Die Mittagspause verbrachten wir in dem Lokal „Alte Schmiede“, das extra für uns geöffnet hatte. Einige Teilnehmer verabschiedeten sich nach dem Mittagessen, während andere dazustießen. Nächste Station, nun für kurze Zeit unter Regenschirmen, war der Erbsenbrunnen, dessen von Fritz von Grävenitz 1929 aus Travertin gestaltete Brunnenfigur kurz zuvor durch Vandalismus demoliert worden war. Im Anschluss ging die Gruppe in eine Sonderausstellung über 150 Jahre Evangelischer Verein Bad Cannstatt, die Olaf Schulze mitkuratiert hatte und im Erdgeschoss der ehemaligen Stadtmühle (heute Betreutes Wohnen mit dem Evangelischen Verein als sozialen Träger) zu besichtigen war. Hier tauchte kurz im originalen Gehrock von 1890 „Vikar Härle“, der Gründer des Evangelischen Vereins von Cannstatt, auf, um sein rekonstruiertes Zimmer zu erklären, aber auch eine Kostprobe auf dem Harmonium von 1907 aus Obertürkheimer Produktion zu geben. Der Weg führte die Gruppe dann u.a. an der ehemaligen Cannstatter Realschule und am Cannstatter Gymnasium vorbei schließlich zum „Buddenbrook-Haus“ an den Unteren Kursaalanlagen, wo eine Tante von Thomas und Heinrich Mann Jahre ihrer zweiten, unglücklichen Ehe verbracht hatte. Zuvor hatten wir an der Daimlerstraße kurz vor der ehemaligen Praxis von Vater und Sohn Dr. Johann und Dr. Hans Kurtz Halt gemacht, einer Arztfamilie, die aus Bessarabien stammte. Nächster Halt, ebenfalls im Unteren Kurpark, war das Denkmal für die Charta der Heimatvertriebenen aus dem Jahr 1986, geschaffen von der als junge Frau aus Pommern vertriebenen Bildhauerin Ingrid Seddig (1926-2008). Obwohl kein Vertreter der bessarabiendeutschen Landsmannschaft bei der Unterzeichnung der Charta am 5. August 1950 im Großen Kursaal dabei gewesen war, ist der Name unserer Volksgruppe auf dem Bronzesockel des Denkmals, der den kompletten Text der Charta enthält, verzeichnet. Die Künstlerin gestaltete eine Gruppe von Frauen, die – teilweise mit ihren kleinen Kindern auf dem Rücken – gegen den kalten Wind bei der Flucht im Januar 1945 anliefen.

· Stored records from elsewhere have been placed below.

//! Alignments at some numbers.
use naga_kinds::{CooperativeSize, VectorSize};
use naga_layouter::Alignment;
use std::alloc::Global;

/// Returns whether powers of two are alignments, and no other numbers.
fn is_made() -> bool {
    Alignment::new(1) == Some(Alignment::ONE)
        && Alignment::new(8) == Some(Alignment::EIGHT)
        && Alignment::new(2_147_483_648).is_some()
        && Alignment::new(0).is_none()
        && Alignment::new(24).is_none()
}

/// Returns whether widths are alignments, if they are powers of two.
fn is_made_from_width() -> bool {
    Alignment::from_width(4) == Some(Alignment::FOUR)
        && Alignment::from_width(128) == Alignment::new(128)
        && Alignment::from_width(3).is_none()
}

/// Returns whether sizes of vectors and of cooperative matrices are converted to factors.
fn is_converted() -> bool {
    Alignment::from(VectorSize::Bi) == Alignment::TWO
        && Alignment::from(VectorSize::Tri) == Alignment::FOUR
        && Alignment::from(VectorSize::Quad) == Alignment::FOUR
        && Alignment::from(CooperativeSize::Eight) == Alignment::EIGHT
        && Alignment::from(CooperativeSize::Sixteen) == Alignment::SIXTEEN
}

/// Returns whether multiples are recognized.
fn is_compared() -> bool {
    Alignment::FOUR.is_aligned(0)
        && Alignment::FOUR.is_aligned(12)
        && !Alignment::FOUR.is_aligned(14)
        && Alignment::ONE.is_aligned(7)
}

/// Returns whether numbers are rounded up.
fn is_rounded() -> bool {
    Alignment::MIN_UNIFORM.round_up(0) == 0
        && Alignment::MIN_UNIFORM.round_up(1) == 16
        && Alignment::MIN_UNIFORM.round_up(16) == 16
        && Alignment::EIGHT.round_up(17) == 24
}

/// Returns whether alignments are multiplied, by one another and by numbers.
fn is_multiplied() -> bool {
    Alignment::FOUR * Alignment::TWO == Alignment::EIGHT
        && Alignment::FOUR * 5u32 == 20
        && Alignment::SIXTEEN.get() == 16
}

/// Returns whether the texts of an alignment are its number.
fn is_shown(alloc: Global) -> bool {
    let alignment = Alignment::SIXTEEN;
    match format!(in alloc; "{alignment} {alignment:?}") {
        Ok(text) => text.as_str() == "16 Alignment(16)",
        Err(_) => true,
    }
}

#[test]
fn alignments_are_powers_of_two(rt: HostRuntime) {
    assert!(rt; is_made());
    assert!(rt; is_made_from_width());
    assert!(rt; is_converted());
    assert!(rt; is_compared());
    assert!(rt; is_rounded());
    assert!(rt; is_multiplied());
    assert!(rt; is_shown(rt.alloc()));
}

Gemütlicher Ausklang des Tages im Lokal des Mineralbads Bad Cannstatt

Gemütlicher Ausklang des Tages im Lokal des Mineralbads Bad Cannstatt

Der „Lautenschlägerbrunnen“ aus dem Jahr 1934 und der 1933 umgestaltete Brunnenhof hinter dem Großen Kursaal mit seiner Wilhelms- (eher eisenhaltig) und Daimlerquelle (eher schwefelhaltig) bildeten mit den in Cannstatt obligatorischen Sauerwasserproben einen weiteren Punkt auf dem Tagesprogramm. Nach einer kurzen Besichtigung der Gottlieb-Daimler-Gedächtnisstätte nahe des Kleinen Kursaals wurden die Teilnehmer von Matthias Busch noch mit frisch geschnittenen “Harbusenstücken“ und einem Speierlingsmost überrascht, bevor es zum Ausklang in das Lokal im Mineralbad Bad Cannstatt (1994 erbaut) ging. In gelöster Runde gab es dort noch gute Gespräche bei Kaffee, Tee, Kuchen, Eis und Eiskaffee, bevor die Teilnehmerinnen und Teilnehmer des „Tag des Dankes“ sich gegen 18 Uhr auf den teilweise langen Heimweg begaben. Alles in allem wieder ein gelungener Tag voller Eindrücke und guter Begegnungen und Gespräche untereinander.